- **Exercise objective**
Pull every line with "known" from the entries below.

--- Records shown Enclosed Below ---

// Blocks: an event that ran, and its outs.
ghost use Rattle.std.specs.Prelude.{◌≡◌, ◌<◌, ◌≤◌, [], ◌++◌, codes, decimal, length, IsTrue, OnOk, OnErr};
ghost use Rattle.std.specs.List.{All};
ghost use Rattle.lucid_core.specs.Fits.{event_fits, out_fits};
ghost use Rattle.lucid_core.specs.Texts.{holes_of};
ghost use Rattle.lucid_io.specs.Puts.{PutsAll, PutsPart, Leaves};
ghost use Rattle.lucid_log.specs.Block.{event_name, form_of, head_text, target_text, end_text, generate_text, say_text, out_text, is_marked, outs_text, block_text};
ghost use Rattle.lucid_log.specs.Pieces.{numbers_text};

use crate::filled::hold_filled;
use crate::pieces::{SHORT, hold_number, hold_numbers};
use lucid_base::{Event, Out, Outs, Target};
use lucid_core::Core;
use lucid_io::{ROOM, Room, Sink, WriteFault, hold, release};

/// Writes the block of an event that fits the core and ran at this tick on this switch, with its outs (`block_text`): all of it, or a
/// proper prefix of it if the sink's count of faults rose in this call. Bit `i` of `lost` marks out `i` as lost. The outs fit the core
/// too: a printed text exists and has a `%d` for each of its numbers.
pub fn put_block<S: Sink>(
    sink: &mut S,
    core: &Core,
    tick: u64,
    switch: u32,
    event: &Event,
    outs: &Outs,
    lost: u8,
) -> Result<(), WriteFault>
    requires event { IsTrue (event_fits core.now event.now) }
    requires outs { All (λ out. IsTrue (out_fits core.now out)) outs.now }
    ensures all { OnOk result (PutsAll S.written S.faults sink.old sink.new (block_text core.now tick switch event.now outs.now lost)) }
    ensures part { OnErr result (PutsPart S.written S.faults sink.old sink.new (block_text core.now tick switch event.now outs.now lost)) }
{
    if most_of(core, event, outs.as_slice()) <= SHORT {
        put_short(sink, core, tick, switch, event, outs, lost)
    } else {
        put_long(sink, core, tick, switch, event, outs, lost)
    }
}

fn put_short<S: Sink>(
    sink: &mut S,
    core: &Core,
    tick: u64,
    switch: u32,
    event: &Event,
    outs: &Outs,
    lost: u8,
) -> Result<(), WriteFault>
    requires event { IsTrue (event_fits core.now event.now) }
    requires outs { All (λ out. IsTrue (out_fits core.now out)) outs.now }
    ensures all { OnOk result (PutsAll S.written S.faults sink.old sink.new (block_text core.now tick switch event.now outs.now lost)) }
    ensures part { OnErr result (PutsPart S.written S.faults sink.old sink.new (block_text core.now tick switch event.now outs.now lost)) }
{
    let mut room = Room::<SHORT>::new();
    put_through(sink, &mut room, core, tick, switch, event, outs, lost)
}

fn put_long<S: Sink>(
    sink: &mut S,
    core: &Core,
    tick: u64,
    switch: u32,
    event: &Event,
    outs: &Outs,
    lost: u8,
) -> Result<(), WriteFault>
    requires event { IsTrue (event_fits core.now event.now) }
    requires outs { All (λ out. IsTrue (out_fits core.now out)) outs.now }
    ensures all { OnOk result (PutsAll S.written S.faults sink.old sink.new (block_text core.now tick switch event.now outs.now lost)) }
    ensures part { OnErr result (PutsPart S.written S.faults sink.old sink.new (block_text core.now tick switch event.now outs.now lost)) }
{
    let mut room = Room::<ROOM>::new();
    put_through(sink, &mut room, core, tick, switch, event, outs, lost)
}

// Writes the block through a room in which nothing waits.
fn put_through<S: Sink, const N: usize>(
    sink: &mut S,
    room: &mut Room<N>,
    core: &Core,
    tick: u64,
    switch: u32,
    event: &Event,
    outs: &Outs,
    lost: u8,
) -> Result<(), WriteFault>
    requires empty { room.old ≡ [] }
    requires event { IsTrue (event_fits core.now event.now) }
    requires outs { All (λ out. IsTrue (out_fits core.now out)) outs.now }
    ensures all { OnOk result (PutsAll S.written S.faults sink.old sink.new (block_text core.now tick switch event.now outs.now lost)) }
    ensures part { OnErr result (PutsPart S.written S.faults sink.old sink.new (block_text core.now tick switch event.now outs.now lost)) }
{
    hold_head(sink, room, core, tick, switch, event)?;
    hold_outs(sink, room, core, outs.as_slice(), lost)?;
    release(sink, room)
}

// The most bytes of a block. No clause needs it: it only decides which buffer size is worth its zeroing.
fn most_of(core: &Core, event: &Event, outs: &[Out]) -> usize {
    let mut most = most_of_event(core, event);
    for out in outs {
        most = most.saturating_add(most_of_out(core, out));
    }
    most
}

fn most_of_out(core: &Core, out: &Out) -> usize {
    match out {
        Out::Gen { event, .. } => most_of_event(core, event),
        Out::Say { form, args } => match core.forms().get(*form as usize) {
            Some(text) => most_of_line(text.bytes().len(), args.as_slice()),
            None => 0,
        },
    }
}

fn most_of_event(core: &Core, event: &Event) -> usize {
    match core.events().get(event.id as usize) {
        Some(def) => most_of_line(def.name.bytes().len(), event.args.as_slice()),
        None => 0,
    }
}

// A line with a text and numbers has at most 70 bytes beside them, if it is an event that is sent out.
fn most_of_line(text: usize, numbers: &[u64]) -> usize {
    numbers
        .len()
        .saturating_mul(21)
        .saturating_add(text)
        .saturating_add(70)
}

fn hold_head<'a, S: Sink, const N: usize>(
    sink: &mut S,
    room: &mut Room<N>,
    core: &'a Core,
    tick: u64,
    switch: u32,
    event: &'a Event,
) -> Result<(), WriteFault>
    requires { IsTrue (event_fits core.now event.now) }
    ensures all { OnOk result (Leaves S.written S.faults sink.old sink.new (room.old ++ head_text tick switch (event_name core.now event.now.id) event.now.args) room.new) }
    ensures part { OnErr result (PutsPart S.written S.faults sink.old sink.new (room.old ++ head_text tick switch (event_name core.now event.now.id) event.now.args)) }
{
    let name = name_of(core, event.id);
    hold_entry(sink, room, tick, switch, name, event.args.as_slice())
}

// Buffers the first line of a block, given the name of its event.
fn hold_entry<S: Sink, const N: usize>(
    sink: &mut S,
    room: &mut Room<N>,
    tick: u64,
    switch: u32,
    name: &[u8],
    args: &[u64],
) -> Result<(), WriteFault>
    ensures all { OnOk result (Leaves S.written S.faults sink.old sink.new (room.old ++ head_text tick switch name.now args.now) room.new) }
    ensures part { OnErr result (PutsPart S.written S.faults sink.old sink.new (room.old ++ head_text tick switch name.now args.now)) }
{
    hold_counted(sink, room, b"[", tick)?;
    hold_counted(sink, room, b"] s", switch as u64)?;
    hold_call(sink, room, b" ", name, args)?;
    hold(sink, room, b")\n")
}

// Buffers a word and a number. Inlined, so that the length of the word is known.
#[inline(always)]
fn hold_counted<S: Sink, const N: usize>(
    sink: &mut S,
    room: &mut Room<N>,
    word: &[u8],
    n: u64,
) -> Result<(), WriteFault>
    ensures all { OnOk result (Leaves S.written S.faults sink.old sink.new (room.old ++ (word.now ++ decimal n)) room.new) }
    ensures part { OnErr result (PutsPart S.written S.faults sink.old sink.new (room.old ++ (word.now ++ decimal n))) }
{
    hold(sink, room, word)?;
    hold_number(sink, room, n)
}

// Buffers a word and a call, without its last `)`. Inlined, so that the length of the word is known.
#[inline(always)]
fn hold_call<S: Sink, const N: usize>(
    sink: &mut S,
    room: &mut Room<N>,
    word: &[u8],
    name: &[u8],
    args: &[u64],
) -> Result<(), WriteFault>
    ensures all { OnOk result (Leaves S.written S.faults sink.old sink.new (room.old ++ (word.now ++ name.now ++ codes "(" ++ numbers_text args.now)) room.new) }
    ensures part { OnErr result (PutsPart S.written S.faults sink.old sink.new (room.old ++ (word.now ++ name.now ++ codes "(" ++ numbers_text args.now))) }
{
    hold(sink, room, word)?;
    hold(sink, room, name)?;
    hold(sink, room, b"(")?;
    hold_numbers(sink, room, args)
}

fn hold_outs<S: Sink, const N: usize>(
    sink: &mut S,
    room: &mut Room<N>,
    core: &Core,
    outs: &[Out],
    lost: u8,
) -> Result<(), WriteFault>
    requires outs { All (λ out. IsTrue (out_fits core.now out)) outs.now }
    requires few { length outs.now ≤ 8 }
    ensures all { OnOk result (Leaves S.written S.faults sink.old sink.new (room.old ++ outs_text core.now lost 0 outs.now) room.new) }
    ensures part { OnErr result (PutsPart S.written S.faults sink.old sink.new (room.old ++ outs_text core.now lost 0 outs.now)) }
{
    for (i, out) in outs.iter().enumerate() {
        hold_out(sink, room, core, out, is_set(lost, i))?;
    }
    Ok(())
}

fn is_set(byte: u8, bit: usize) -> bool
    requires { bit < 8 }
    ensures { result ≡ is_marked byte bit }
{
    byte >> bit & 1 == 1
}

fn hold_out<S: Sink, const N: usize>(
    sink: &mut S,
    room: &mut Room<N>,
    core: &Core,
    out: &Out,
    is_lost: bool,
) -> Result<(), WriteFault>
    requires { IsTrue (out_fits core.now out.now) }
    ensures all { OnOk result (Leaves S.written S.faults sink.old sink.new (room.old ++ out_text core.now out.now is_lost) room.new) }
    ensures part { OnErr result (PutsPart S.written S.faults sink.old sink.new (room.old ++ out_text core.now out.now is_lost)) }
{
    match out {
        Out::Gen { event, delay, to } => {
            let name = name_of(core, event.id);
            hold_generate(
                sink,
                room,
                name,
                event.args.as_slice(),
                *delay,
                *to,
                is_lost,
            )
        }
        Out::Say { form, args } => hold_say(sink, room, form_at(core, *form), args.as_slice()),
    }
}

// The name of a declared event.
fn name_of(core: &Core, id: u32) -> &[u8]
    requires { id < length core.now.events }
    ensures { result.now ≡ event_name core.now id }
{
    core.events()[id as usize].name.bytes()
}

// The text of a print that is there.
fn form_at(core: &Core, form: u32) -> &[u8]
    requires { form < length core.now.forms }
    ensures { result.now ≡ form_of core.now form }
{
    core.forms()[form as usize].bytes()
}

fn hold_generate<'a, S: Sink, const N: usize>(
    sink: &mut S,
    room: &mut Room<N>,
    name: &'a [u8],
    args: &'a [u64],
    delay: u64,
    to: Target,
    is_lost: bool,
) -> Result<(), WriteFault>
    ensures all { OnOk result (Leaves S.written S.faults sink.old sink.new (room.old ++ generate_text name.now args.now delay to is_lost) room.new) }
    ensures part { OnErr result (PutsPart S.written S.faults sink.old sink.new (room.old ++ generate_text name.now args.now delay to is_lost)) }
{
    hold_call(sink, room, b"  generate ", name, args)?;
    hold_counted(sink, room, b") delay ", delay)?;
    hold_target(sink, room, to)?;
    hold(sink, room, end_of(is_lost))
}

fn hold_target<S: Sink, const N: usize>(
    sink: &mut S,
    room: &mut Room<N>,
    to: Target,
) -> Result<(), WriteFault>
    ensures all { OnOk result (Leaves S.written S.faults sink.old sink.new (room.old ++ target_text to) room.new) }
    ensures part { OnErr result (PutsPart S.written S.faults sink.old sink.new (room.old ++ target_text to)) }
{
    match to {
        Target::Here => hold(sink, room, b" here"),
        Target::At(n) => hold_counted(sink, room, b" to ", n),
    }
}

fn end_of(is_lost: bool) -> &'static [u8]
    ensures { result.now ≡ end_text is_lost }
{
    if is_lost { b" lost\n" } else { b"\n" }
}

// Lets the line of a print wait in the room.
fn hold_say<S: Sink, const N: usize>(
    sink: &mut S,
    room: &mut Room<N>,
    text: &[u8],
    numbers: &[u64],
) -> Result<(), WriteFault>
    requires { holes_of text.now ≡ length numbers.now }
    ensures all { OnOk result (Leaves S.written S.faults sink.old sink.new (room.old ++ say_text text.now numbers.now) room.new) }
    ensures part { OnErr result (PutsPart S.written S.faults sink.old sink.new (room.old ++ say_text text.now numbers.now)) }
{
    hold(sink, room, b"  say ")?;
    hold_filled(sink, room, text, numbers)?;
    hold(sink, room, b"\n")
}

--- End of Enclosed Records shown ---

- **Written answer**
// Buffers a word and a number. Inlined, so that the length of the word is known.
// Buffers a word and a call, without its last `)`. Inlined, so that the length of the word is known.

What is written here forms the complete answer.